During the protein import process, the NLS of import cargo is recognized by its receptor (karyopherin or Kap, or importin) to form a cargo-receptor complex, which docks at the nuclear pore complexes (NPCs) via interaction with nucleoporins (Phe-Gly repeat-containing nucleoporins). Once in the nucleus, the cargo-receptor complex binds to RanGTP, causing the receptor to release its cargo. (Note: RanGDP does not enter the nucleus together with the cargo/import receptor complex. RanGDP is imported by its interacting protein NTF2, which specifically interacts with the FG-repeats and showed up in question 15.)

During the protein export process, RanGTP in the nucleus promotes the export cargo, which contains an NES signal, to bind to the export receptor. Once the export complex moves to the cytoplasmic side of the NPCs, its RanGTP encounters Ran-GAP, which triggers the GTP hydrolysis by Ran. As a result, the export receptor releases both its cargo and RanGDP in the cytosol.

(B) In the selective phase model, authors proposed that NPCs function as a permeability barrier for inert molecules and become selectively permeable for nuclear transport receptors and receptor-cargo complexes for both import and export. The hydrophobic Phe-rich clusters (or Phe-Gly or FG repeats) of nuclear pore proteins (nucleoporins) mutually attract to form a meshwork like permeability barrier within the central channel of the NPC. The meshwork restricts the flow of inert molecules. The molecules that are able to interact with the FG repeats could locally compete the mutual attraction between the repeats and selectively partition into meshwork to cross this permeability barrier at a high rate (facilitated translocation).

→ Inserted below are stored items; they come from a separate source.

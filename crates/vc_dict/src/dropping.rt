ghost use Rattle.std.specs.Prelude.{ℕ, List, [], true};
ghost use Rattle.vc_dtlist.specs.Linked.{StandsFor};
ghost use Rattle.vc_dtlist.specs.TableWrites.{ChangesIn};
ghost use Rattle.vc_dthash.specs.Hashed.{CanChain, list_of};
ghost use Rattle.vc_dict.specs.Weeding.{CanSettle, IsSettled, Settled};

use crate::chained::weed_chains;
use crate::neighbours::weed_neighbours;
use crate::weeded::Weeded;
use vc_base::{Cells, DictMethod, Steps};
use vc_dtdisc::DictDisc;
use vc_dthash::DtHash;
use vc_dtlist::DtList;

// All holders of a list, put into the chains of a table.
fn chain_all<C: Cells, D: DictDisc>(hash: DtHash, cells: &mut C, kind: &D) -> Weeded
    requires { CanChain hash (C.blocks cells.old) }
    ensures { ChangesIn C.blocks C.RestStays cells.old cells.new
        (λ old new. (holders : List ℕ) → StandsFor (list_of hash) old holders
        → IsSettled true (D.rules kind.now) hash holders holders [] old result new) }
{
    hash.chain_up(cells, kind);
    Weeded {
        kept: DtList {
            first: hash.first,
            last: hash.last,
        },
        dropped: DtList::new(),
        count: hash.count,
    }
}

// The holders of a list that a method keeps, in its form, and those that it drops. The list's ends and count are those of
// a hash, which has the table of a set or bag.
pub(crate) fn weed_by<C: Cells, D: DictDisc, L>(
    method: DictMethod,
    hash: DtHash,
    cells: &mut C,
    kind: &D,
    steps: &mut Steps<L>,
) -> Weeded
    requires { CanSettle (D.rules kind.now) method hash (C.blocks cells.old) }
    ensures { ChangesIn C.blocks C.RestStays cells.old cells.new
        (λ old new. (holders : List ℕ) → StandsFor (list_of hash) old holders
        → Settled (D.rules kind.now) method hash holders old result new) }
{
    let list = DtList {
        first: hash.first,
        last: hash.last,
    };
    if method.has_table() {
        if method.is_set() {
            weed_chains(hash, cells, kind, steps)
        } else {
            chain_all(hash, cells, kind)
        }
    } else if method.is_set() {
        weed_neighbours(list, hash.count, cells, kind, steps)
    } else {
        Weeded {
            kept: list,
            dropped: DtList::new(),
            count: hash.count,
        }
    }
}
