ghost use Rattle.std.specs.Prelude.{◌≡◌, ◌≢◌, ℕ, List, true, false, ◌&&◌, if◌then◌else◌};
ghost use Rattle.vc_base.specs.Prelude.{Blocks, has_table};
ghost use Rattle.vc_dtlist.specs.TableWrites.{ChangesIn};
ghost use Rattle.vc_dict.specs.Methods.{slots_between};
ghost use Rattle.vc_dict.specs.Stands.{Stands, slots_in, table_in};
ghost use Rattle.vc_dict.specs.Turned.{CanRemethod, Remethoded, Unchanged};

use crate::dict::{Dict, Dropped};
use crate::dropping::weed_by;
use crate::forming::in_form;
use crate::pass::order_by;
use vc_base::{Addr, Cells, DictMethod, Steps};
use vc_dtdisc::DictDisc;
use vc_dthash::DtHash;

impl Dict {
    /// The slots of the table that a change to a method needs, by the count before any is dropped: 16, doubled until two
    /// objects for each are enough, at most 17 times. None where that method is neither set nor bag, or the present one
    /// is. This project's own.
    pub fn table_for(&self, method: DictMethod) -> Option<u32>
        ensures { result ≡ slots_between self.now.method method self.now.count }
    {
        if self.method.has_table() {
            None
        } else if method.has_table() {
            DtHash::new().wants_table(self.count)
        } else {
            None
        }
    }

    // The table that it has by a method, unless it has none: its own between set and bag, and else the one that was brought.
    fn table_by(&self, method: DictMethod, table: Addr, slots: u32) -> (Addr, u32)
        ensures table { result.0 ≡ (if has_table method && has_table self.now.method
            then table_in self.now else table) }
        ensures slots { result.1 ≡ (if has_table method && has_table self.now.method
            then slots_in self.now else slots) }
    {
        if method.has_table() && self.method.has_table() {
            (self.heads.table(), self.heads.slots())
        } else {
            (table, slots)
        }
    }

    // Its own table where a method needs none, or none.
    fn table_left(&self, method: DictMethod) -> Addr
        ensures { result.0 ≡ (if has_table method then 0 else (table_in self.now).0) }
    {
        if method.has_table() {
            Addr::NONE
        } else {
            self.heads.table()
        }
    }

    // Turns it to another method.
    fn change<C: Cells, D: DictDisc, L>(
        &mut self,
        cells: &mut C,
        kind: &D,
        method: DictMethod,
        table: Addr,
        slots: u32,
        steps: &mut Steps<L>,
    ) -> Dropped
        requires { CanRemethod (D.rules kind.now) self.old (C.blocks cells.old) method table.0
            slots }
        ensures { ChangesIn C.blocks C.RestStays cells.old cells.new
            (λ old new. (holders : List ℕ) → Stands (D.rules kind.now) self.old old holders
            → Remethoded (D.rules kind.now) method table.0 slots holders self.old old self.new new
            result) }
    {
        let list = self.heads.into_list(self.count, cells);
        let ordered = order_by(list, self.count, method, cells, kind, steps);
        let left = self.table_left(method);
        let (table, slots) = self.table_by(method, table, slots);
        let whole = DtHash {
            first: ordered.first,
            last: ordered.last,
            table,
            slots,
            count: self.count,
        };
        let weeded = weed_by(method, whole, cells, kind, steps);
        self.heads = in_form(
            method,
            weeded.kept,
            weeded.count,
            table,
            slots,
            cells,
            kind,
            steps,
        );
        self.method = method;
        self.count = weeded.count;
        self.current = Addr::NONE;
        Dropped {
            first: weeded.dropped.first,
            table: left,
        }
    }

    /// Turns the dictionary to a method, unless it is the present one. Ordered methods order the objects by key, stably,
    /// and sets then drop each object that matches an earlier one; else the order stays. No object is current then. A
    /// change for which `table_for` is a number takes a table of so many slots, a block as for `adopt_table`; any other
    /// takes `Addr::NONE` and 0 slots. After Cdt's dtmethod.
    pub fn remethod<C: Cells, D: DictDisc, L>(
        &mut self,
        cells: &mut C,
        kind: &D,
        method: DictMethod,
        table: Addr,
        slots: u32,
        steps: &mut Steps<L>,
    ) -> Dropped
        requires { CanRemethod (D.rules kind.now) self.old (C.blocks cells.old) method table.0
            slots }
        ensures dict { method ≢ self.old.method → (holders : List ℕ)
            → Stands (D.rules kind.now) self.old (C.blocks cells.old) holders
            → Remethoded (D.rules kind.now) method table.0 slots holders self.old
            (C.blocks cells.old) self.new (C.blocks cells.new) result }
        ensures same { method ≡ self.old.method
            → Unchanged self.old (C.blocks cells.old) self.new (C.blocks cells.new) result }
        ensures rest { C.RestStays cells.old cells.new }
    {
        if method == self.method {
            return Dropped {
                first: Addr::NONE,
                table: Addr::NONE,
            };
        }
        self.change(cells, kind, method, table, slots, steps)
    }
}
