ghost use Rattle.std.specs.Prelude.{◌≡◌, ◌<◌, ◌^◌, ◌++◌, ◌∷◌, [], IfOk, OnOk};
ghost use Rattle.vc_image_run.specs.Script.Copies.{KindsFit, copies_in, copies_of};
ghost use Rattle.vc_image_run.specs.Session.Copies.{copy_of};

use crate::session::copy_of;
use std::alloc::Global;
use vc_base::{Name, OutOfMemory};
use vc_dict::{Dict, Dicts};
use vc_session::{DictEntry, Session};

// Puts a copy of a dictionary behind the others.
fn add(copies: &mut Dicts, dict: &Dict) -> Result<(), OutOfMemory>
    ensures put { OnOk result (copies.new ≡ copies.old ++ copy_of dict.now ∷ []) }
    ensures kind { OnOk result (dict.now.kind < 2 ^ 32) }
{
    match copies.add(copy_of(dict)) {
        Ok(()) => Ok(()),
        Err((refused, _)) => Err(refused),
    }
}

// Puts a copy of a dictionary behind the others where it lies in the region of a name.
fn add_if_in(copies: &mut Dicts, entry: &DictEntry, region: &Name) -> Result<(), OutOfMemory>
    ensures put { OnOk result (copies.new ≡ copies.old ++ copies_of region.now entry.now) }
    ensures kind { OnOk result (KindsFit (copies_of region.now entry.now)) }
{
    if entry.home == *region {
        return add(copies, &entry.dict);
    }
    Ok(())
}

// Copies of the dictionaries that lie in the region of a name, in order of opening.
pub(crate) fn copies_in<D>(
    alloc: Global,
    session: &Session<D>,
    region: &Name,
) -> Result<Dicts, OutOfMemory>
    ensures copies { IfOk result (λ copies. copies ≡ copies_in region.now session.now.dicts.entries) }
    ensures kinds { IfOk result KindsFit }
{
    let mut copies = Dicts::new(alloc);
    for i in 0..session.dicts.len() {
        match session.dicts.get_index(i) {
            Some((_, entry)) => add_if_in(&mut copies, entry, region)?,
            None => return Ok(copies),
        }
    }
    Ok(copies)
}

The rate of facilitated translocation through the NPCs is slower than diffusion rate through a hypothetical plugless NPC, indicating that NPCs have some kind of plug. In this model, the plug is the meshwork built by Phe-rich repeats of nucleoporins. NTF2 and GFP are of similar size (MW and radius), but NTF2 passes through NPCs over 120 times faster than GFP, suggesting the NPCs restrict some molecules (inert molecules including GFP and BSA) more than others, which can interact with the meshwork, such as transportin, NTF2 and NTF2 W7R. The NPCs allow small molecules to diffuse through. Molecules larger than 60 kDa, such as BSA, are difficult to pass by diffusion. The smaller the inert molecules, the faster the diffusion rate (e.g. GFP vs. BSA).